I wasn't sure if I should start another thread or just ask here... so I'm just asking here... 

My 3yo DS is in preschool this year, and they have been doing a lot of Christmas activities, (songs, decorations, getting a tree for the classroom). I am completely fine with all of this. Living in Canada, I know Christmas is big here and it is going to be everywhere. But he is so excited about Christmas, and loves seeing lights and xmas trees, and says "i love christmas" I don't have a problem with this really, I just feel bad that he's so excited about it, but we don't even celebrate it. Just wondering what do you all do when your little ones get excited for xmas? What do you tell them? How do you make up for them "missing out" on the fun? 


Assalamu Alaikum:

I know. :)  It's made worse in my world because I'm a revert, and my family all celebrates Christmas.  So the grandparents send Christmas presents, etc. It was easier when Eid and Christmas were closer...because it seemed like everything was part of the celebration.  

 

I don't mind my kids getting excited at this stage. I can't help it really.  But what I've really been working on is making sure that our Eids and Ramadan are just as exciting (well, as exciting as I can make them.)  I also tell my kids that I love the Christmas decorations... and I love how everybody is nicer, and happier...and then talk about how Prophet Muhammad and Prophet Jesus (peace be upon them both) both talked about wishing for your neighbor what you want for yourself, etc.  As they're getting older, we talk about how Muslims view Jesus differently, but still love him just as much.  Now... the problem comes with Santa. LOL  My son received oranges and chocolates from St. Nicholas in his class--so we talked about him (the man).  St. Nicholas was supposed to have fasted on Wednesdays and Fridays... so we talk about fasting on Mondays and Thursdays.  His parents died and he was raised by an Uncle...so we talk about Prophet Muhammad.  As they're older, we can talk about his helping the girls with their dowries..and how in Islam, girls recieve the mahr. :)   For Santa, basically I've just said yes, Santa's a nice guy. We also talk about how Allah(swt) would view somebody who brings happiness to so many people--and what a good thing that is.   I'm not going in to it too much as many of their classmates believe in Santa, and I don't want to be the one to ruin that.  

 

We allow them to celebrate with their class.
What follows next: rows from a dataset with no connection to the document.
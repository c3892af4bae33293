//! A sink that notes whether a line was answered for lack of memory, or because the history is full.
ghost use Rattle.std.specs.Prelude.{◌≡◌, ℕ, false};
ghost use Rattle.l4_answers.specs.Reports.{Transferred};
ghost use Rattle.l4_orders.specs.declared.lacking.Lack.TheVariants.{Nothing};
ghost use Rattle.l4_orders.specs.Inside.Lacking.{lack_of, lack_of_code, then_lack, HasNoted};

use l4_answers::{Code, Sink};
use l4_fpage::PageSize;
use l4_ipc::{CancelCause, Outcome};
use l4_mapdb::Mapping;
use l4_names::Names;
use l4_text::{LineReader, RunFault};
use l4_threads::Reply;

/// What an answer lacked, if anything: memory, or room in the history.
#[derive(Clone, Copy, Debug, PartialEq, Eq)]
pub(crate) enum Lack {
    Nothing,
    Memory,
    History,
}

/// Ignores answers, and notes the first lack.
#[derive(Drop)]
pub(crate) struct Lacking {
    lack: Lack,
}

/// Returns what a refusal with this code lacks.
fn lack_of_code(name: &[u8]) -> Lack
    ensures { result ≡ lack_of_code name.now }
{
    if name == b"NoMemory".as_slice() {
        return Lack::Memory;
    }
    if name == b"L1".as_slice() {
        return Lack::History;
    }
    Lack::Nothing
}

/// Returns what a transfer with this outcome lacks.
fn lack_of_outcome(outcome: Outcome) -> Lack
    ensures { (sender receiver : ℕ) → result ≡ lack_of (Transferred sender receiver outcome) }
{
    match outcome {
        Outcome::NoMemory => Lack::Memory,
        _ => Lack::Nothing,
    }
}

impl Lacking {
    /// Returns a sink to which nothing was reported.
    pub(crate) fn new() -> Lacking
        ensures { result.lack ≡ Nothing }
    {
        Lacking {
            lack: Lack::Nothing,
        }
    }

    /// Returns the first lack.
    pub(crate) fn lack(&self) -> Lack
        ensures { result ≡ self.now.lack }
    {
        self.lack
    }

    /// Notes a lack, unless one was noted.
    fn note(&mut self, lack: Lack)
        ensures { self.new.lack ≡ then_lack self.old.lack lack }
    {
        if let Lack::Nothing = self.lack {
            self.lack = lack;
        }
    }
}

impl Sink for Lacking {
    ghost has_told = { HasNoted };

    ghost is_out = { HasNoted };

    ghost closed = { λ _. false };

    fn refused_line(&mut self, line: u64, code: &Code) {
        self.note(lack_of_code(code.name()));
    }

    fn unread_line(
        &mut self,
        line: u64,
        code: &Code,
        bytes: &[u8],
        size: PageSize,
        names: &Names,
    ) {}

    fn refused_act(&mut self, thread: u32, code: &Code) {
        self.note(lack_of_code(code.name()));
    }

    fn transfer(&mut self, sender: u32, receiver: u32, outcome: Outcome) {
        self.note(lack_of_outcome(outcome));
    }

    fn expire(&mut self, number: u32) {}

    fn cancel(&mut self, number: u32, cause: CancelCause) {}

    fn waits(&mut self, number: u32) {}

    fn ended(&mut self, number: u32, reply: Option<&Reply>) {}

    fn none_ended(&mut self, number: u32) {}

    fn page(&mut self, page: u32, mapping: &Mapping) {}

    fn shown(&mut self, count: u32) {}

    fn parent(&mut self, mapping: Option<Mapping>) {}

    fn region_added(&mut self) {}

    fn named(&mut self, number: u32) {}

    fn steps(&mut self, count: u64) {}

    fn before_line(&mut self, lines: &LineReader) {}

    fn is_closed(&self) -> bool {
        false
    }

    fn finish(&mut self) -> Result<(), RunFault> {
        Ok(())
    }
}
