//! Executes lines of a plan one after another, and reads the answers to its queries.
ghost use Rattle.std.specs.Prelude.{◌≡◌, ◌+◌, List, true, None, MatchResult};
ghost use Rattle.l4_answers.specs.Reports.{Report};
ghost use Rattle.l4_commands.specs.Requests.{asked_at};
ghost use Rattle.l4_shell.specs.ByLines.{state_of};
ghost use Rattle.l4_shell.specs.Room.{any_full};
ghost use Rattle.l4_shell.specs.Sessions.{AnswersLine};
ghost use Rattle.l4_sinks.specs.Texts.{AreAnswerTexts};
ghost use Rattle.l4_text.specs.declared.lines.Ending.TheVariants.{Whole};
ghost use Rattle.l4_orders.specs.Turns.{AnswersWell, AnswersInTurn};
ghost use Rattle.l4_orders.specs.Filling.{FillsFrom};
ghost use Rattle.l4_orders.specs.Inside.Executed.{Executed};
ghost use Rattle.l4_orders.specs.Plans.{gone_after, none_gone};
ghost use Rattle.l4_orders.specs.Telling.{lines_of_order};

use crate::lacking::{Lack, Lacking};
use crate::plans::{Plan, PlanLine, advance};
use l4_expectations::answered;
use l4_merges::Failure;
use l4_shell::ScriptRun;
use l4_text::Ending;
use std::alloc::Global;

/// Executes a line of a thread. Returns the failure if an answer says that memory ran out, or that the history is full.
pub(crate) fn execute(script: &mut ScriptRun, line: u64, bytes: &[u8]) -> Result<(), Failure>
    ensures { MatchResult result
        (λ _. AnswersWell (state_of script.old) line bytes.now (state_of script.new))
        (λ why. why ≡ Failure.Full → (told : List Report)
        × AnswersLine (state_of script.old) line (asked_at (state_of script.old).session.machine.size (state_of script.old).names Whole bytes.now) told (state_of script.new)
        × (any_full told ≡ true)) }
{
    let mut sink = Lacking::new();
    script.answer_line(line, Ending::Whole, bytes, &mut sink);
    match sink.lack() {
        Lack::Nothing => Ok(()),
        Lack::Memory => Err(Failure::Memory),
        Lack::History => Err(Failure::Full),
    }
}

/// Returns the next line's number. No memory has room for so many lines that there is none.
pub(crate) fn next_number(number: u64) -> Result<u64, Failure>
    ensures { MatchResult result (λ next. next ≡ number + 1) (λ why. why ≡ Failure.Memory) }
{
    match number.checked_add(1) {
        Some(next) => Ok(next),
        None => Err(Failure::Memory),
    }
}

/// Executes lines in their order. The first one has this number. Returns the number of the line behind the last.
pub(crate) fn execute_all(
    script: &mut ScriptRun,
    first: u64,
    lines: &[PlanLine],
) -> Result<u64, Failure>
    ensures { MatchResult result
        (λ next. Executed (state_of script.old) (state_of script.new) first next lines.now)
        (λ why. why ≡ Failure.Full → FillsFrom (state_of script.old) first lines.now) }
{
    let mut number = first;
    for line in lines {
        execute(script, number, line.bytes.as_slice())?;
        number = next_number(number)?;
    }
    Ok(number)
}

/// Executes the lines of an order. The first one has this number. Returns the number of the line behind the last, and how many lines each
/// thread has executed.
pub(crate) fn execute_order(
    alloc: Global,
    script: &mut ScriptRun,
    first: u64,
    plan: &Plan,
    order: &[usize],
) -> Result<(u64, Vec<usize>), Failure>
    ensures { MatchResult result
        (λ r. Executed (state_of script.old) (state_of script.new) first r.0
        (lines_of_order plan.now order.now)
        × (r.1.items ≡ gone_after (none_gone plan.now) order.now))
        (λ why. why ≡ Failure.Full → FillsFrom (state_of script.old) first (lines_of_order plan.now order.now)) }
{
    let Ok(mut gone) = plan.none_gone(alloc) else {
        return Err(Failure::Memory);
    };
    let mut number = first;
    for place in order {
        if let Some(line) = plan.line_at(gone.as_slice(), *place) {
            execute(script, number, line.bytes.as_slice())?;
            number = next_number(number)?;
        }
        if advance(&mut gone, *place).is_err() {
            return Err(Failure::Memory);
        }
    }
    Ok((number, gone))
}

/// Returns the text of the answers to queries. The first one has this number.
pub(crate) fn answers(
    alloc: Global,
    script: &mut ScriptRun,
    first: u64,
    queries: &[PlanLine],
) -> Result<Vec<u8>, Failure>
    ensures { MatchResult result
        (λ text. (told : List Report)
        × AnswersInTurn (state_of script.old) first queries.now told (state_of script.new)
        × AreAnswerTexts None told text.items)
        (λ why. why ≡ Failure.Memory) }
{
    let mut text = Vec::new(alloc);
    let mut number = first;
    for query in queries {
        let Some(answer) = answered(alloc, script, number, query.bytes.as_slice()) else {
            return Err(Failure::Memory);
        };
        if text.extend_from_slice(answer.as_slice()).is_err() {
            return Err(Failure::Memory);
        }
        number = next_number(number)?;
    }
    Ok(text)
}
If we're supposed to bring in cookies or whatever, we do.  Sometimes I make an Arabic cookie, sometimes not.  I also don't care that they colored in dreidels for Hanukkah.  But, we don't put up a Christmas tree at home.  :)  Nor do we have a Menorrah.  We've talked a little about Winters Solstice as the shortest day of the year and the position of the Earth and all.  We have a Waldorf-y book called, "Sun Bread," which is a good read.

 

Sorry I don't have any better advice.  


Mom to DS(8), DS(6), DD(4), and DS(1).  "Kids do as well as they can."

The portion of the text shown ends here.